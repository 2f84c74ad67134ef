//! A diagnosis that takes one line after the other, as C holds it.

mod asking;
mod calls;
mod events;
mod handle;
mod held;
mod open_session;
mod parts;

pub use asking::{tfpg_index, tfpg_name, tfpg_ranked_at, tfpg_result_of};
pub use calls::{tfpg_block, tfpg_close, tfpg_line, tfpg_open};
pub use events::tfpg_event;
pub use handle::TfpgSession;
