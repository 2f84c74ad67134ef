//! What becomes of a line that is offered to a log: the event that is accepted, or the first refusal that holds.

ghost use Rattle.std.specs.Prelude.{◌≡◌, Some, Ok, IfOk, OnErr, IsTrue, MatchResult};
ghost use Rattle.std.specs.Str.Parse.{digits_value};
ghost use Rattle.tfpg_base.specs.Choice.{first_of, unless_refused};
ghost use Rattle.tfpg_graph.specs.Graph.{node_named, is_monitored};
ghost use Rattle.tfpg_log.specs.declared.refusal.Refusal.{Refusal};
ghost use Rattle.tfpg_log.specs.Log.{IsLogOf};
ghost use Rattle.tfpg_log.specs.LogStatements.{Alarm, Silent, Mode};
ghost use Rattle.tfpg_log.specs.Accepted.{time_refusals, monitor_refusals, room_refusal, statement_refusals, event_of, offered, reply_to};
ghost use Rattle.tfpg_log.specs.LogOfLines.{log_after_reply};
ghost use Rattle.tfpg_log.specs.inside.LogLine.{log_statement_seen};

use crate::event::{Event, Offered};
use crate::log::Log;
use crate::log_line::{LogStatement, read_line};
use crate::refusal::Refusal;
use tfpg_base::{MAX_TIME, NoMemory, Number, read_number};
use tfpg_graph::Graph;

impl Log {
    /// What becomes of the line. It is accepted, and then its event is the last; or it is refused, and then the log stays
    /// as it was. It also stays so where memory runs out. A refused line takes no memory. The line may have any length.
    ///
    /// Takes time linear in the length of the line, and at most one look-up by name, however long the log is. Now and then a list
    /// grows and is moved, which evens out over the calls. An alarm or a silence may lengthen the list of what is kept of
    /// each node, up to its own.
    pub fn offer(&mut self, graph: &Graph, line: &[u8]) -> Result<Offered, NoMemory>
        requires { IsLogOf graph.now self.old }
        ensures reply { IfOk result (λ reply. reply ≡ reply_to graph.now self.old line.now) }
        ensures log { IfOk result (λ reply. self.new ≡ log_after_reply self.old reply) }
        ensures refused { (refusal : Refusal) →
            reply_to graph.now self.old line.now ≡ Offered.Refused refusal →
            result ≡ Ok (Offered.Refused refusal) }
        ensures err { OnErr result (self.new ≡ self.old) }
        ensures of { IsLogOf graph.now self.new }
    {
        let offered = reply(graph, self, line);
        match offered {
            Offered::Accepted(event) => {
                self.accept(event)?;
                Ok(offered)
            }
            Offered::Refused(_) => Ok(offered),
        }
    }
}

/// What becomes of the line. Takes time linear in its length, and at most one look-up by name.
fn reply(graph: &Graph, log: &Log, line: &[u8]) -> Offered
    ensures { result ≡ reply_to graph.now log.now line.now }
{
    match event_or_refusal(graph, log, line) {
        Ok(event) => Offered::Accepted(event),
        Err(refusal) => Offered::Refused(refusal),
    }
}

/// The event of the line, or the first refusal that holds.
fn event_or_refusal(graph: &Graph, log: &Log, line: &[u8]) -> Result<Event, Refusal>
    ensures { offered result ≡ reply_to graph.now log.now line.now }
{
    let Some(line) = read_line(line) else {
        return Err(Refusal::BadLine);
    };
    let time = read_time(line.time, log.now())?;
    judge_statement(graph, log, time, line.statement)
}

/// The time that the word spells, where it is not too large and not before now.
fn read_time(word: &[u8], now: u64) -> Result<u64, Refusal>
    ensures { result ≡ unless_refused (first_of (time_refusals now word.now)) (digits_value 10 word.now) }
{
    match read_number(word, MAX_TIME) {
        Number::NotANumber => Err(Refusal::BadNumber),
        Number::TooLarge => Err(Refusal::TimeTooLarge),
        Number::Value(time) if time < now => Err(Refusal::TimeBack { last: now }),
        Number::Value(time) => Ok(time),
    }
}

/// The event of what a line says at this time.
fn judge_statement(
    graph: &Graph,
    log: &Log,
    time: u64,
    statement: LogStatement<'_>,
) -> Result<Event, Refusal>
    ensures { result ≡ unless_refused
        (first_of (statement_refusals graph.now log.now (log_statement_seen statement.entry)))
        (event_of graph.now time (log_statement_seen statement.entry)) }
{
    match statement {
        LogStatement::Alarm(name) => judge_alarm(graph, log, time, name),
        LogStatement::Silent(name) => judge_silence(graph, log, time, name),
        LogStatement::Sweep => judge_room(log, Event::Sweep { time }),
        LogStatement::Tick => judge_room(log, Event::Tick { time }),
        LogStatement::Mode(name) => judge_mode(graph, log, time, name),
    }
}

/// The event, where there is room for it.
fn judge_room(log: &Log, event: Event) -> Result<Event, Refusal>
    ensures { result ≡ unless_refused (room_refusal log.now) event }
{
    if log.is_full() {
        return Err(Refusal::LogFull);
    }
    Ok(event)
}

fn judge_alarm(graph: &Graph, log: &Log, time: u64, name: &[u8]) -> Result<Event, Refusal>
    ensures { result ≡ unless_refused
        (first_of (statement_refusals graph.now log.now (Alarm name.now)))
        (event_of graph.now time (Alarm name.now)) }
{
    let node = find_monitor(graph, name)?;
    judge_room(log, Event::Alarm { time, node })
}

fn judge_silence(graph: &Graph, log: &Log, time: u64, name: &[u8]) -> Result<Event, Refusal>
    ensures { result ≡ unless_refused
        (first_of (statement_refusals graph.now log.now (Silent name.now)))
        (event_of graph.now time (Silent name.now)) }
{
    let node = find_monitor(graph, name)?;
    judge_room(log, Event::Silent { time, node })
}

fn judge_mode(graph: &Graph, log: &Log, time: u64, name: &[u8]) -> Result<Event, Refusal>
    ensures { result ≡ unless_refused
        (first_of (statement_refusals graph.now log.now (Mode name.now)))
        (event_of graph.now time (Mode name.now)) }
{
    let Some(mode) = graph.find_mode(name) else {
        return Err(Refusal::NotAMode);
    };
    let event = judge_room(log, Event::Mode { time, mode })?;
    if log.has_all_mode_changes() {
        return Err(Refusal::ModesFull);
    }
    Ok(event)
}

/// The node of this name, where it is monitored.
fn find_monitor(graph: &Graph, name: &[u8]) -> Result<u32, Refusal>
    ensures { MatchResult result
        (λ node. (node_named graph.now name.now ≡ Some node) × IsTrue (is_monitored graph.now node))
        (λ refusal. first_of (monitor_refusals graph.now name.now) ≡ Some refusal) }
{
    let Some(node) = graph.find(name) else {
        return Err(Refusal::UnknownName);
    };
    if !graph.kind(node).is_monitored() {
        return Err(Refusal::NotMonitored);
    }
    Ok(node)
}
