impl Log {
    /// The log without events. It ignores no monitor. Takes no memory.
    pub fn new(alloc: Global) -> Log
        ensures empty { result ≡ new_log }
        ensures of { (graph : Tfpg) → IsLogOf graph result }
    {
        Log {
            events: Vec::new(alloc),
            nodes: Vec::new(alloc),
            last_sweep: None,
            changes: Vec::new(alloc),
            change_count: 0,
            ignored: Doubts::empty(),
        }
    }

    /// The time of the last event, in milliseconds, and 0 for a log without events.
    pub fn now(&self) -> u64
        ensures { result ≡ now_of self.now }
    {
        match self.events.last() {
            Some(event) => event.time(),
            None => 0,
        }
    }

    /// How many events it has: at most [`MAX_EVENTS`](crate::MAX_EVENTS). Their times never fall, and none is above
    /// [`MAX_TIME`](tfpg_base::MAX_TIME).
    pub fn len(&self) -> u32
        ensures len { result ≡ length self.now.events }
        ensures ordered { IsOrdered self.now }
    {
        self.events.len() as u32
    }

    /// Does nothing: brings into a proof that the log is ordered.
    pub fn is_always_ordered(&self)
        ensures { IsOrdered self.now }
    {
        let _opened = &self.events;
    }

    /// Does nothing: brings into a proof that the log has at most [`MAX_EVENTS`](crate::MAX_EVENTS) events, and among them at
    /// most [`MAX_MODE_CHANGES`](crate::MAX_MODE_CHANGES) changes of mode.
    pub fn is_always_within_limits(&self)
        ensures events { length self.now.events ≤ MAX_EVENTS }
        ensures changes { count_by is_mode_change self.now.events ≤ MAX_MODE_CHANGES }
    {
        let _opened = &self.events;
    }

    /// The event of this number. Numbers begin with 1.
    pub fn event(&self, number: u32) -> Event
        requires low { 1 ≤ number }
        requires high { number ≤ length self.now.events }
        ensures { event_at self.now number ≡ Some result }
    {
        self.events[number as usize - 1]
    }

    /// The event of this number, where there is one. The number may be any.
    pub fn find_event(&self, number: u32) -> Option<Event>
        ensures { result ≡ event_at self.now number }
    {
        let index = number.checked_sub(1)?;
        self.events.get(index as usize).copied()
    }

    /// The time of the node's first alarm, in milliseconds, where it has one. The node may be any number.
    pub fn alarm_of(&self, node: u32) -> Option<u64>
        ensures { result ≡ alarm_of self.now node }
    {
        match self.alarm_event(node) {
            Some(number) => Some(self.event(number).time()),
            None => None,
        }
    }

    /// The number of the event that is the node's first alarm, where it has one. The node may be any number.
    pub fn alarm_event(&self, node: u32) -> Option<u32>
        ensures { result ≡ alarm_event self.now node }
    {
        self.node_events(node).first_alarm
    }

    /// The number of the event that is the node's last alarm, where it has one. The node may be any number.
    pub fn last_alarm(&self, node: u32) -> Option<u32>
        ensures { IsLastAlarm self.now node result }
    {
        self.node_events(node).last_alarm
    }

    /// The mode of an instant, in milliseconds: that of the last change whose time is below it, and else mode 0. Takes
    /// time logarithmic in the number of mode changes.
    pub fn mode_at(&self, instant: u64) -> u32
        ensures { result ≡ mode_at self.now instant }
    {
        mode_of_span(&self.changes, span_number(&self.changes, instant))
    }

    /// The number of the span of an instant, in milliseconds: how many times the mode changed from one instant to the
    /// next up to it. There is none of an instant after now. Takes time logarithmic in the number of mode changes.
    pub fn span_of(&self, instant: u64) -> Option<u32>
        ensures { result ≡ (if nat_le instant (now_of self.now)
            then Some (span_number self.now instant) else None) }
    {
        if instant > self.now() {
            return None;
        }
        Some(span_number(&self.changes, instant) as u32)
    }

    /// The span of this number, of the instants up to a horizon in milliseconds. There is none where the horizon is after
    /// now, or where the span does not begin by it.
    pub fn span(&self, number: u32, horizon: u64) -> Option<Span>
        ensures { result ≡ span_at self.now number horizon }
    {
        if horizon > self.now() {
            return None;
        }
        span_in(&self.changes, number as usize, horizon)
    }

    /// The window of an edge round the span of this number, of the instants up to a horizon in milliseconds: the maximal
    /// run of spans in whose modes the edge is active. There is none where there is no such span, or the edge is not active
    /// in its mode. Goes through the spans of the window.
    pub fn window_of(&self, graph: &Graph, edge: u32, number: u32, horizon: u64) -> Option<Window>
        requires { edge < length graph.now.edges }
        ensures { result ≡ option_and_then
            (λ e. window_of self.now e number horizon) (slice_get graph.now.edges edge) }
    {
        let modes = ActiveModes::OfEdge(graph.edge(edge));
        self.window_round(&modes, number, horizon)
    }

    /// The same for all edges into the node at once: the maximal run of spans in whose modes each of them is active. There
    /// is none where there is no such span, or one of them is not active in its mode. Goes through these edges, and
    /// through the spans of the window.
    pub fn joint_of(&self, graph: &Graph, node: u32, number: u32, horizon: u64) -> Option<Window>
        requires { node < length graph.now.nodes }
        ensures { result ≡ joint_of graph.now self.now node number horizon }
    {
        let modes = modes_into(graph, node);
        self.window_round(&modes, number, horizon)
    }

    /// The instants at which a node became active, as an alarm of it at this time says: at least its least lag before, and
    /// at most its greatest. An alarm of an ignored node says nothing. Times are in milliseconds, and the node may be
    /// any number.
    pub fn alarm_interval(&self, graph: &Graph, node: u32, time: u64) -> Option<Interval>
        ensures { result ≡ alarm_interval graph.now self.now node time }
    {
        if self.is_ignored(node) {
            return None;
        }
        let lag = graph.lag_or_zero(node);
        Some(Interval {
            earliest: time.saturating_sub(lag.most),
            latest: time.saturating_sub(lag.least),
        })
    }

    /// The instant up to which a node is not active, as a silence of it at this time says: its least lag before. A silence
    /// says nothing where there is no such instant, nor where the node is ignored. Times are in milliseconds, and the
    /// node may be any number.
    pub fn inactive_until(&self, graph: &Graph, node: u32, time: u64) -> Option<u64>
        ensures { result ≡ inactive_until graph.now self.now node time }
    {
        let until = time.checked_sub(graph.lag_or_zero(node).least)?;
        (!self.is_ignored(node)).then_some(until)
    }

    /// Ignores these nodes' monitors from now on, and no other's: their alarms and silences say nothing. Takes no memory.
    pub fn ignore(&mut self, doubts: Doubts)
        ensures { self.new ≡ ignoring self.old doubts }
    {
        self.ignored = doubts;
    }

    /// The nodes whose monitors are ignored.
    pub fn ignored(&self) -> Doubts
        ensures { result ≡ self.now.ignored }
    {
        self.ignored
    }

    /// The instant, in milliseconds, up to which the event of this number says that the node is not active. There is none
    /// where the event is no silence of the node, or says nothing. Numbers begin with 1. Number and node may be any.
    pub fn quiet_at(&self, graph: &Graph, number: u32, node: u32) -> Option<u64>
        ensures { result ≡ quiet_at graph.now self.now number node }
    {
        let time = self.silence_at(graph, number, node)?;
        self.inactive_until(graph, node, time)
    }

    /// The time of the event of this number, in milliseconds, where it is a silence of the node: its own silence, or a
    /// sweep, where the node is monitored and no event before is an alarm of it. Numbers begin with 1. Number and node may
    /// be any: there is no event of another number, and another node is not monitored.
    pub fn silence_at(&self, graph: &Graph, number: u32, node: u32) -> Option<u64>
        ensures { result ≡ silence_at graph.now self.now number node }
    {
        match self.find_event(number)? {
            Event::Silent { time, node: silent } => (silent == node).then_some(time),
            Event::Sweep { time } => self.is_swept(graph, number, node).then_some(time),
            Event::Alarm { .. } | Event::Tick { .. } | Event::Mode { .. } => None,
        }
    }

    /// The number of the last event that says that the node is not active up to an instant, where there is one. Times
    /// never fall, so no other such event speaks of a later instant. The node may be any number.
    pub fn last_quiet(&self, graph: &Graph, node: u32) -> Option<u32>
        ensures { IsLastQuiet graph.now self.now node result }
    {
        self.is_always_ordered();
        let number = self.last_silence(graph, node)?;
        match self.quiet_at(graph, number, node) {
            Some(_) => Some(number),
            None => None,
        }
    }

    /// The number of the last event that is a silence of the node, where there is one: its own silence, or a sweep, where
    /// the node is monitored and no event before is an alarm of it.
    fn last_silence(&self, graph: &Graph, node: u32) -> Option<u32>
        ensures { IsLast (IsSilence graph.now self.now node) result }
    {
        later_of(self.node_events(node).silence, self.last_swept(graph, node))
    }

    /// Whether the node's monitor is ignored.
    fn is_ignored(&self, node: u32) -> bool
        ensures { result ≡ is_ignored self.now node }
    {
        self.ignored.has(node)
    }

    /// A copy of the log, with the allocator that the log keeps. Takes time and memory linear in the log, and in the
    /// greatest number of a node that has an alarm or a silence of its own.
    pub fn copy(&self) -> Result<Log, NoMemory>
        ensures { IfOk result (λ log. log ≡ self.now) }
    {
        let events = self.events.clone()?;
        let nodes = self.nodes.clone()?;
        let changes = self.changes.clone()?;
        Ok(Log {
            events,
            nodes,
            last_sweep: self.last_sweep,
            changes,
            change_count: self.change_count,
            ignored: self.ignored,
        })
    }

    /// The window, of spans with these modes, round the span of this number up to a horizon.
    fn window_round(&self, modes: &ActiveModes, number: u32, horizon: u64) -> Option<Window>
        ensures { result ≡ option_and_then
            (λ span. window_round self.now
            (λ instant. has_mode modes.now (mode_at self.now instant)) span horizon)
            (span_at self.now number horizon) }
    {
        if horizon > self.now() {
            return None;
        }
        window_round(&self.changes, modes, number, horizon)
    }

    /// Whether it takes no further event.
    pub(crate) fn is_full(&self) -> bool
        ensures { result ≡ nat_le MAX_EVENTS (length self.now.events) }
    {
        self.len() >= MAX_EVENTS
    }

    /// Whether it takes no further change of mode.
    pub(crate) fn has_all_mode_changes(&self) -> bool
        ensures { result ≡ nat_le MAX_MODE_CHANGES (count_by is_mode_change self.now.events) }
    {
        self.change_count >= MAX_MODE_CHANGES
    }

    /// Which events bound when the node became active. The node may be any number.
    fn node_events(&self, node: u32) -> NodeEvents
        ensures { IsNodeEvents self.now node result }
    {
        match self.nodes.get(node as usize) {
            Some(events) => *events,
            None => NodeEvents::none(),
        }
    }

    /// The number of the last sweep that is a silence of the node: the last one of all, or before its first alarm, if it has one.
    fn last_swept(&self, graph: &Graph, node: u32) -> Option<u32>
        ensures { IsLast (IsSwept graph.now self.now node) result }
    {
        if !graph.is_monitored(node) {
            return None;
        }
        let events = self.node_events(node);
        match events.first_alarm {
            Some(_) => events.sweep,
            None => self.last_sweep,
        }
    }

    /// Whether a sweep of this number is a silence of the node.
    fn is_swept(&self, graph: &Graph, number: u32, node: u32) -> bool
        ensures { result ≡ (is_monitored graph.now node
            && is_none (alarm_among (take (number - 1) self.now.events) node)) }
    {
        graph.is_monitored(node) && self.is_without_alarm(number.saturating_sub(1), node)
    }

    /// Whether none of so many first events is an alarm of the node.
    fn is_without_alarm(&self, count: u32, node: u32) -> bool
        ensures { result ≡ is_none (alarm_among (take count self.now.events) node) }
    {
        match self.alarm_event(node) {
            Some(number) => count < number,
            None => true,
        }
    }
}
..........
Required action:
Please give only the number of lines in the listing that hold the word "requires".

Completed task:
5